# Kato yard questions



## 4dimad (Dec 17, 2012)

Hello Gurus, need to you expertise. I would like to build a yard/storage for one of my 2 locomotives. I have a DC controller, single track loop + Kato passing siding kit (2 #6 turnouts - left and right). The goal is to keep one of the trains at the yard while another is running, then be able to park the active train and bring back to the loop the passive one. Does that make sense? Or I will need V3 Rail Yard Switching Set? Let me know if you need more details, I am still learning. P.S. a sample diagram would be a huge help.


----------



## DonR (Oct 18, 2012)

With a DC control system you can park a loco on
a dead track by using a simple Single Pole Single throw 
(SPST) on/off switch.

You'll need to put insulating joiners in the Right RAIL
at both ends of the siding.
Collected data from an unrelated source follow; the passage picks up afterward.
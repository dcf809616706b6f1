//! Telling what changes as a subscription file comes into force after another one.

use crate::failure::CommandFailure;
use crate::output::{print_text, with_reason};
use crate::subscribing::{named_file, subscriptions_of};
use std::alloc::{AllocGlobal, Global};
use std::fs;
use std::fs::{File, Files};
use xp_changes::{ToldChanges, tell_changes};
use xp_subs::Subs;
use xp_tasks::TaskFailure;

/// What changes as these subscriptions come into force after those of the file that a word names.
///
/// # Errors
///
/// `Arguments` where the word names standard input; those of [`subscriptions_of`], of which the file is told; and want of memory.
pub fn changes_after<R: AllocGlobal + Files<File = File>>(
    rt: &R,
    word: &str,
    new: Subs,
) -> Result<ToldChanges, CommandFailure> {
    let alloc = rt.alloc();
    let name = named_file(alloc, word, "OLD is no standard input")?;
    let old = old_subscriptions(rt, name)?;
    Ok(tell_changes(alloc, &old, new)?)
}

/// Prints what changes.
///
/// # Errors
///
/// `NeedsStop` where the exchange has to be stopped for it.
pub fn print_changes<R: AllocGlobal + Print>(
    rt: &R,
    told: &ToldChanges,
) -> Result<(), CommandFailure> {
    print_text(rt, &told.text)?;
    if told.needs_stop {
        Err(CommandFailure::NeedsStop)
    } else {
        Ok(())
    }
}

/// The subscriptions of the file of this name.
fn old_subscriptions<R: AllocGlobal + Files<File = File>>(
    rt: &R,
    name: &str,
) -> Result<Subs, CommandFailure> {
    let text = fs::read_to_string(rt, name);
    match subscriptions_of(rt, name, &text) {
        Ok(subs) => Ok(subs),
        Err(failure) => Err(of_file(rt.alloc(), name, failure)),
    }
}

/// This failure, which tells where it is that a file is refused.
fn of_file(alloc: Global, name: &str, failure: CommandFailure) -> CommandFailure {
    match failure {
        CommandFailure::Explained(TaskFailure::Subscriptions(fault), reason) => with_reason(
            TaskFailure::Subscriptions(fault),
            format!(in alloc; "{name}: {reason}"),
        ),
        failure => failure,
    }
}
Then this rail is
connected to your SPST switch which takes power
from the power pack terminal that is connected to the
main layout right rails.

You really need to arrange for a 2nd track that
can be isolated so that the train on the main 
track won't move when you move the one
in the siding.

Some turnouts are 'power routing' which would
also provide 'off' power for a siding but when the
points are thrown the loco would be powered the
same as the one on the main track and you would
have no individual control.

These complications are why many of us have
moved to DCC digital controls. It provides 
individual control of each loco without all the
isolated sections and switches.

Don


----------



## Guest (Jan 15, 2019)

Don and 4dimad, you don't need anything extra with Unitrack. The #6 switches are power routing. Power only flows to the track the points are set to. If you have a passing siding made with a left and right switch you can park one train in the siding. There will be no power when the switches (turnouts) are set straight. To switch trains stop the first train where the siding is and throw both switches to curved and that track will have power. It couldn't be easier. Unitrack is designed to make running two or more trains as easy as possible with no extra wiring or insulated Unijoiners needed.


----------